◆ **Problem statement**: Using the records that follow, work out the number of lines with the word "history" in them; reply with that number only.

◆ **Available data**:

impl<D: Disk> Device<D> {
    /// A device that stands for the one record of an incarnation.
    pub fn format(disk: D, inc: Inc) -> Result<Device<D>, (D, StateError)>
        requires { device_bytes ≤ D.size disk }
        ensures ok { IfOk result (λ d. (d.records ≡ kind.Inc inc ∷ []) × (d.region.count ≡ 1)) }
        ensures holds { IfOk result (λ d. D.observable → Holds d.region (D.seen d.disk) (D.may_leave d.disk) d.records) }
        ensures errors { IfErr result (λ e. e.1 ≡ error.Failed) }
        ensures any_moment { IfOk result (λ d. D.observable → LeavesOnly D.moment D.left_since disk d.disk (LeftByFormat (D.may_leave disk) inc)) }
        ensures err_any_moment { IfErr result (λ e. D.observable → LeavesOnly D.moment D.left_since disk e.0 (LeftByFormat (D.may_leave disk) inc)) }
        ensures err_either { IfErr result (λ e. D.observable → LeftByFormat (λ file. file ≡ D.seen disk) inc (D.seen e.0)) }
        ensures err_size { IfErr result (λ e. D.size e.0 ≡ D.size disk) }
        ensures failed { IfErr result (λ e. D.faults disk < D.faults e.0) }
        ensures later { IfOk result (λ d. D.faults disk ≤ D.faults d.disk) }
        ensures run { IfOk result (λ d. D.came_to disk d.disk) }
        ensures err_run { IfErr result (λ e. D.came_to disk e.0) }
    {
        let mut disk = disk;
        match write_format(&mut disk, inc) {
            Ok(journal) => Ok(Device {
                disk,
                journal,
                history: GhostList::new().with(&StateRecord::Inc { inc }),
            }),
            Err(error) => Err((disk, error)),
        }
    }

    /// The device with the records that it stands for, and what these give.
    pub fn open(alloc: Global, disk: D) -> Result<(Device<D>, Kept), (D, StateError)>
        ensures found { IfOk result (λ o. D.observable → (take header_bytes (D.seen disk) ≡ header) × JournalCounts (D.seen disk) (bodies_of o.0.records)) }
        ensures spelled { IfOk result (λ o. AreSpelled o.0.records) }
        ensures same { (records : List StateRecord) → IfOk result (λ o. D.observable → StandsFor (D.seen disk) records → o.0.records ≡ records) }
        ensures holds { (records : List StateRecord)
            → IfOk result (λ o. D.observable → StandsFor (D.seen disk) records → Holds o.0.region (D.seen o.0.disk) (D.may_leave o.0.disk) o.0.records) }
        ensures rows { IfOk result (λ o. (place : ℕ) → row_at o.1.places place ≡ row_of o.0.records place) }
        ensures inc { IfOk result (λ o. o.1.inc ≡ inc_of o.0.records) }
        ensures blank { IfErr result (λ e. e.1 ≡ error.Blank → D.observable → device_bytes ≤ D.size disk → take header_bytes (D.seen disk) ≢ header) }
        ensures bad { (index : ℕ) → IfErr result (λ e. e.1 ≡ error.BadRecord index → D.observable → IsBadOn (D.seen disk) index) }
        ensures failed { IfErr result (λ e. e.1 ≡ error.Failed → D.faults disk < D.faults e.0) }
        ensures bad_headed { (index : ℕ)
            → IfErr result (λ e. e.1 ≡ error.BadRecord index → (device_bytes ≤ D.size disk) × (D.observable → take header_bytes (D.seen disk) ≡ header)) }
        ensures not_full { IfErr result (λ e. e.1 ≢ error.JournalFull) }
        ensures device { IfOk result (λ o. KeepsDevice D.size D.seen D.may_leave D.moment D.left_since disk o.0.disk) }
        ensures err_device { IfErr result (λ e. KeepsDevice D.size D.seen D.may_leave D.moment D.left_since disk e.0) }
    {
        let mut disk = disk;
        match read_device(alloc, &mut disk) {
            Ok((journal, register)) => {
                let device = Device {
                    disk,
                    journal,
                    history: register.history,
                };
                let kept = Kept {
                    places: register.places,
                    inc: register.inc,
                };
                Ok((device, kept))
            },
            Err(error) => Err((disk, error)),
        }
    }

    /// Loses what the device does not keep, as in a crash, and reads again the records that the device then stands for, and what
    /// these give.
    pub fn reopen(&mut self, alloc: Global) -> Result<Kept, StateError>
        ensures left { D.observable → D.may_leave self.old.disk (D.seen self.new.disk) }
        ensures same { (records : List StateRecord) → OnOk result (D.observable → StandsFor (D.seen self.new.disk) records → self.new.records ≡ records) }
        ensures holds { (records : List StateRecord) → OnOk result (D.observable → StandsFor (D.seen self.new.disk) records
            → Holds self.new.region (D.seen self.new.disk) (D.may_leave self.new.disk) self.new.records) }
        ensures rows { IfOk result (λ kept. (place : ℕ) → row_at kept.places place ≡ row_of self.new.records place) }
        ensures inc { IfOk result (λ kept. kept.inc ≡ inc_of self.new.records) }
        ensures err { OnErr result (self.new.records ≡ self.old.records) }
        ensures failed { IsErrOf result error.Failed → D.faults self.old.disk < D.faults self.new.disk }
        ensures later { D.faults self.old.disk ≤ D.faults self.new.disk }
        ensures not_full { ¬ IsErrOf result error.JournalFull }
        ensures crash { Within (D.may_leave self.old.disk) (D.may_leave self.new.disk) }
        ensures run { D.came_to self.old.disk self.new.disk }
    {
        self.disk.crash();
        let (journal, register) = read_device(alloc, &mut self.disk)?;
        self.journal = journal;
        self.history = register.history;
        Ok(Kept {
            places: register.places,
            inc: register.inc,
        })
    }

    /// How many records there are.
    pub fn count(&self) -> u32
        ensures { result ≡ self.now.region.count }
    {
        self.journal.count()
    }

    /// Commits one record more: whole, or at any crash not at all. It takes no memory.
    pub fn append(&mut self, entry: &StateRecord) -> Result<(), StateError>
        ensures ok { OnOk result (self.new.records ≡ self.old.records ++ entry.now ∷ []) }
        ensures err { IfErr result (λ e. self.new.records ≡ self.old.records) }
        ensures full { IsErrOf result error.JournalFull ↔ (self.old.region.count ≡ journal_records) }
        ensures unchanged { IsErrOf result error.JournalFull → self.new ≡ self.old }
        ensures failed { IsErrOf result error.Failed → D.faults self.old.disk < D.faults self.new.disk }
        ensures errors { ¬ IsErrOf result error.NoMemory }
        ensures only { IfErr result IsAppendError }
        ensures holds { D.observable → Holds self.old.region (D.seen self.old.disk) (D.may_leave self.old.disk) self.old.records
            → OnOk result (Holds self.new.region (D.seen self.new.disk) (D.may_leave self.new.disk) self.new.records) }
        ensures either { D.observable → Holds self.old.region (D.seen self.old.disk) (D.may_leave self.old.disk) self.old.records
            → WithOrWithout (D.seen self.new.disk) self.old.records entry.now }
        ensures any_moment { D.observable → Holds self.old.region (D.seen self.old.disk) (D.may_leave self.old.disk) self.old.records
            → LeavesOnly D.moment D.left_since self.old.disk self.new.disk (λ c. WithOrWithout c self.old.records entry.now) }
        ensures later { D.faults self.old.disk ≤ D.faults self.new.disk }
        ensures run { D.came_to self.old.disk self.new.disk }
    {
        self.journal.append(&mut self.disk, &body_of(entry))?;
        self.history = self.history.with(entry);
        Ok(())
    }

    /// The device.
    pub fn into_disk(self) -> D
        ensures { result ≡ self.disk }
    {
        self.disk
    }
}

/// The first bytes of a state device: the gate, the device's kind, version 1, zeros.
const HEADER: [u8; 64] = [
    0xa5, b'P', b'E', b'T', b'A', b'L', b'S', b'T', b'A', 0, 0, 0, 1, 0, 0, 0, 0, 0, 0, 0, 0, 0, 0,
    0, 0, 0, 0, 0, 0, 0, 0, 0, 0, 0, 0, 0, 0, 0, 0, 0, 0, 0, 0, 0, 0, 0, 0, 0, 0, 0, 0, 0, 0, 0, 0,
    0, 0, 0, 0, 0, 0, 0, 0, 0,
];

/// Closes the gate of the device, writes a journal of the one record, writes the header, and opens the gate last.
fn write_format<D: Disk>(disk: &mut D, inc: Inc) -> Result<Journal<128>, StateError>
    requires { device_bytes ≤ D.size disk.old }
    ensures region { IfOk result (λ j. (j.base ≡ journal_base) × (j.limit ≡ journal_records) × (j.count ≡ 1)) }
    ensures holds { IfOk result (λ j. D.observable → Holds j (D.seen disk.new) (D.may_leave disk.new) (kind.Inc inc ∷ [])) }
    ensures errors { IfErr result (λ e. e ≡ error.Failed) }
    ensures any_moment { D.observable → LeavesOnly D.moment D.left_since disk.old disk.new (LeftByFormat (D.may_leave disk.old) inc) }
    ensures either { D.observable → LeftByFormat (λ file. file ≡ D.seen disk.old) inc (D.seen disk.new) }
    ensures failed { OnErr result (D.faults disk.old < D.faults disk.new) }
    ensures later { D.faults disk.old ≤ D.faults disk.new }
    ensures size { D.size disk.new ≡ D.size disk.old }
    ensures run { D.came_to disk.old disk.new }
{
    let journal = write_first(disk, inc)?;
    write_header(disk, &HEADER)?;
    Ok(journal)
}

/// Closes the gate of the device, and writes a journal of the one record.
fn write_first<D: Disk>(disk: &mut D, inc: Inc) -> Result<Journal<128>, StateError>
    requires { device_bytes ≤ D.size disk.old }
    ensures region { IfOk result (λ j. (j.base ≡ journal_base) × (j.limit ≡ journal_records) × (j.count ≡ 1)) }
    ensures stands { IfOk result (λ j. D.observable → JournalStands (D.seen disk.new) (bodies_of (kind.Inc inc ∷ []))) }
    ensures durable { OnOk result (D.observable → Only (D.seen disk.new) (D.may_leave disk.new)) }
    ensures shut { OnOk result (D.observable → IsShut (D.seen disk.new)) }
    ensures errors { IfErr result (λ e. e ≡ error.Failed) }
    ensures any_moment { D.observable → LeavesOnly D.moment D.left_since disk.old disk.new (λ c. D.may_leave disk.old c ⊎ IsShut c) }
    ensures either { D.observable → (D.seen disk.new ≡ D.seen disk.old) ⊎ IsShut (D.seen disk.new) }
    ensures failed { OnErr result (D.faults disk.old < D.faults disk.new) }
    ensures later { D.faults disk.old ≤ D.faults disk.new }
    ensures size { D.size disk.new ≡ D.size disk.old }
    ensures run { D.came_to disk.old disk.new }
{
    let mut journal = Journal::format_after_gate(disk, JOURNAL_BASE, JOURNAL_RECORDS)?;
    journal.append(disk, &body_of(&StateRecord::Inc { inc }))?;
    Ok(journal)
}

/// Whether the header of a state device stands there; then a crash leaves what a read gives.
fn has_header<D: Disk>(disk: &mut D) -> Result<bool, Failed>
    ensures size { IfOk result (λ found. OnTrue found (device_bytes ≤ D.size disk.old)) }
    ensures headed { IfOk result (λ found. OnTrue found (D.observable → take header_bytes (D.seen disk.old) ≡ header)) }
    ensures blank { IfOk result (λ found. OnFalse found (D.observable → device_bytes ≤ D.size disk.old → take header_bytes (D.seen disk.old) ≢ header)) }
    ensures durable { IfOk result (λ found. OnTrue found (D.observable → Only (D.seen disk.new) (D.may_leave disk.new))) }
    ensures device { KeepsDevice D.size D.seen D.may_leave D.moment D.left_since disk.old disk.new }
    ensures cause { HasCause (D.faults disk.old) (D.faults disk.new) result }
    ensures run { D.came_to disk.old disk.new }
{
    if disk.len() < DEVICE_BYTES {
        return Ok(false);
    }
    let mut head = [0; 64];
    read_front(disk, &mut head)?;
    Ok(head == HEADER)
}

◆ **Response**: 4